RECORDS SHOWN>
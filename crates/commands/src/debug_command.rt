//! Dialogues about the replay of the logs in files.

ghost use Rattle.std.specs.Prelude.{◌≡◌, ◌<◌, ◌+◌, ◌-◌, ◌^◌, OnOk, IfErr};
ghost use Rattle.replica.specs.Log.{log_of};
ghost use Rattle.thread_plan.specs.Plans.{IsPlanOf};
ghost use Rattle.debugger.specs.Dialogue.{IsShownDialogue};
ghost use Rattle.commands.specs.Debugs.{fault_of, IsBroken, IsShownDebug, IsDebugStopped};
ghost use Rattle.wasm_replay.specs.Replays.{IsOfRun};

use crate::fault::Fault;
use crate::files::Files;
use crate::gathered::{ReplayInput, read_replay_input};
use command_words::ReplayRequest;
use debugger::{DebugFault, Sink, Source, debug_log};
use log::Log;
use replica::GatherFault;
use std::alloc::Global;

/// The program's fault where a dialogue stops before its end.
fn fault_of(fault: DebugFault) -> Fault
    ensures { result ≡ fault_of fault }
{
    match fault {
        DebugFault::Replay(refused) => Fault::Replay(refused),
        DebugFault::SourceFailed => Fault::Gather(GatherFault::SourceFailed),
        DebugFault::SinkFailed => Fault::SinkFailed,
    }
}

/// Answers the commands that the source brings about the replay of a log.
fn debug_input<R: Source, W: Sink>(
    alloc: Global,
    input: &ReplayInput,
    order: &[u32],
    source: &mut R,
    output: &mut W,
) -> Result<(), Fault>
    requires suits { IsPlanOf input.now.program.valid input.now.program.plan }
    requires source { R.failed source.old < 2 ^ 64 - 1 }
    requires output { W.failed output.old < 2 ^ 64 - 1 }
    ensures of_run { OnOk result (IsOfRun input.now.program.valid input.now.program.plan (log_of input.now.replica)) }
    ensures done { OnOk result (IsShownDialogue input.now.program.valid input.now.program.plan (log_of input.now.replica) order.now (λ text. R.brings source.old text source.new) (R.ended source.new) (λ text. W.takes output.old text output.new)) }
    ensures stopped { IfErr result (IsBroken (λ text. R.brings source.old text source.new) (R.ended source.new) (λ text. W.takes output.old text output.new) ((source.new ≡ source.old) × (output.new ≡ output.old)) (R.failed source.new ≡ R.failed source.old + 1) (W.failed output.new ≡ W.failed output.old + 1) input.now.program.valid input.now.program.plan (log_of input.now.replica) order.now) }
    ensures source_worked { OnOk result (R.failed source.new ≡ R.failed source.old) }
    ensures output_worked { OnOk result (W.failed output.new ≡ W.failed output.old) }
{
    let program = &input.program;
    match debug_log(
        alloc,
        &program.valid,
        &program.plan,
        input.replica.log(),
        order,
        source,
        output,
    ) {
        Ok(()) => Ok(()),
        Err(fault) => Err(fault_of(fault)),
    }
}

/// Answers the commands that the source brings about a replay, each as soon as it came. The module is read and judged,
/// then the plan, then the piece lines, and then the first command.
pub fn debug<L: Log, F: Files, R: Source, W: Sink>(
    rt: &L,
    alloc: Global,
    files: &mut F,
    request: &ReplayRequest<'_>,
    source: &mut R,
    output: &mut W,
) -> Result<(), Fault>
    requires source { R.failed source.old < 2 ^ 64 - 1 }
    requires output { W.failed output.old < 2 ^ 64 - 1 }
    ensures done { OnOk result (IsShownDebug (λ text. R.brings source.old text source.new) (R.ended source.new) (F.holds files.old) (λ text. W.takes output.old text output.new) request.now) }
    ensures stopped { IfErr result (IsDebugStopped (λ text. R.brings source.old text source.new) (R.ended source.new) (λ text. W.takes output.old text output.new) (F.holds files.old) (F.fails files.old) ((source.new ≡ source.old) × (output.new ≡ output.old)) (R.failed source.new ≡ R.failed source.old + 1) (W.failed output.new ≡ W.failed output.old + 1) request.now) }
    ensures source_worked { OnOk result (R.failed source.new ≡ R.failed source.old) }
    ensures output_worked { OnOk result (W.failed output.new ≡ W.failed output.old) }
{
    let input = match read_replay_input(rt, alloc, files, request) {
        Ok(input) => input,
        Err(fault) => return Err(fault),
    };
    debug_input(alloc, &input, request.order.as_slice(), source, output)
}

REQUIREMENT> The answer must be every entry, reproduced exactly.

OUTPUT OF THE EXERCISE>
filename crates/commands/src/debug_command.rt
//! Dialogues about the replay of the logs in files.

ghost use Rattle.std.specs.Prelude.{◌≡◌, ◌<◌, ◌+◌, ◌-◌, ◌^◌, OnOk, IfErr};
ghost use Rattle.replica.specs.Log.{log_of};
ghost use Rattle.thread_plan.specs.Plans.{IsPlanOf};
ghost use Rattle.debugger.specs.Dialogue.{IsShownDialogue};
ghost use Rattle.commands.specs.Debugs.{fault_of, IsBroken, IsShownDebug, IsDebugStopped};
ghost use Rattle.wasm_replay.specs.Replays.{IsOfRun};

use crate::fault::Fault;
use crate::files::Files;
use crate::gathered::{ReplayInput, read_replay_input};
use command_words::ReplayRequest;
use debugger::{DebugFault, Sink, Source, debug_log};
use log::Log;
use replica::GatherFault;
use std::alloc::Global;

/// The program's fault where a dialogue stops before its end.
fn fault_of(fault: DebugFault) -> Fault
    ensures { result ≡ fault_of fault }
{
    match fault {
        DebugFault::Replay(refused) => Fault::Replay(refused),
        DebugFault::SourceFailed => Fault::Gather(GatherFault::SourceFailed),
        DebugFault::SinkFailed => Fault::SinkFailed,
    }
}

/// Answers the commands that the source brings about the replay of a log.
fn debug_input<R: Source, W: Sink>(
    alloc: Global,
    input: &ReplayInput,
    order: &[u32],
    source: &mut R,
    output: &mut W,
) -> Result<(), Fault>
    requires suits { IsPlanOf input.now.program.valid input.now.program.plan }
    requires source { R.failed source.old < 2 ^ 64 - 1 }
    requires output { W.failed output.old < 2 ^ 64 - 1 }
    ensures of_run { OnOk result (IsOfRun input.now.program.valid input.now.program.plan (log_of input.now.replica)) }
    ensures done { OnOk result (IsShownDialogue input.now.program.valid input.now.program.plan (log_of input.now.replica) order.now (λ text. R.brings source.old text source.new) (R.ended source.new) (λ text. W.takes output.old text output.new)) }
    ensures stopped { IfErr result (IsBroken (λ text. R.brings source.old text source.new) (R.ended source.new) (λ text. W.takes output.old text output.new) ((source.new ≡ source.old) × (output.new ≡ output.old)) (R.failed source.new ≡ R.failed source.old + 1) (W.failed output.new ≡ W.failed output.old + 1) input.now.program.valid input.now.program.plan (log_of input.now.replica) order.now) }
    ensures source_worked { OnOk result (R.failed source.new ≡ R.failed source.old) }
    ensures output_worked { OnOk result (W.failed output.new ≡ W.failed output.old) }
{
    let program = &input.program;
    match debug_log(
        alloc,
        &program.valid,
        &program.plan,
        input.replica.log(),
        order,
        source,
        output,
    ) {
        Ok(()) => Ok(()),
        Err(fault) => Err(fault_of(fault)),
    }
}

/// Answers the commands that the source brings about a replay, each as soon as it came. The module is read and judged,
/// then the plan, then the piece lines, and then the first command.
pub fn debug<L: Log, F: Files, R: Source, W: Sink>(
    rt: &L,
    alloc: Global,
    files: &mut F,
    request: &ReplayRequest<'_>,
    source: &mut R,
    output: &mut W,
) -> Result<(), Fault>
    requires source { R.failed source.old < 2 ^ 64 - 1 }
    requires output { W.failed output.old < 2 ^ 64 - 1 }
    ensures done { OnOk result (IsShownDebug (λ text. R.brings source.old text source.new) (R.ended source.new) (F.holds files.old) (λ text. W.takes output.old text output.new) request.now) }
    ensures stopped { IfErr result (IsDebugStopped (λ text. R.brings source.old text source.new) (R.ended source.new) (λ text. W.takes output.old text output.new) (F.holds files.old) (F.fails files.old) ((source.new ≡ source.old) × (output.new ≡ output.old)) (R.failed source.new ≡ R.failed source.old + 1) (W.failed output.new ≡ W.failed output.old + 1) request.now) }
    ensures source_worked { OnOk result (R.failed source.new ≡ R.failed source.old) }
    ensures output_worked { OnOk result (W.failed output.new ≡ W.failed output.old) }
{
    let input = match read_replay_input(rt, alloc, files, request) {
        Ok(input) => input,
        Err(fault) => return Err(fault),
    };
    debug_input(alloc, &input, request.order.as_slice(), source, output)
}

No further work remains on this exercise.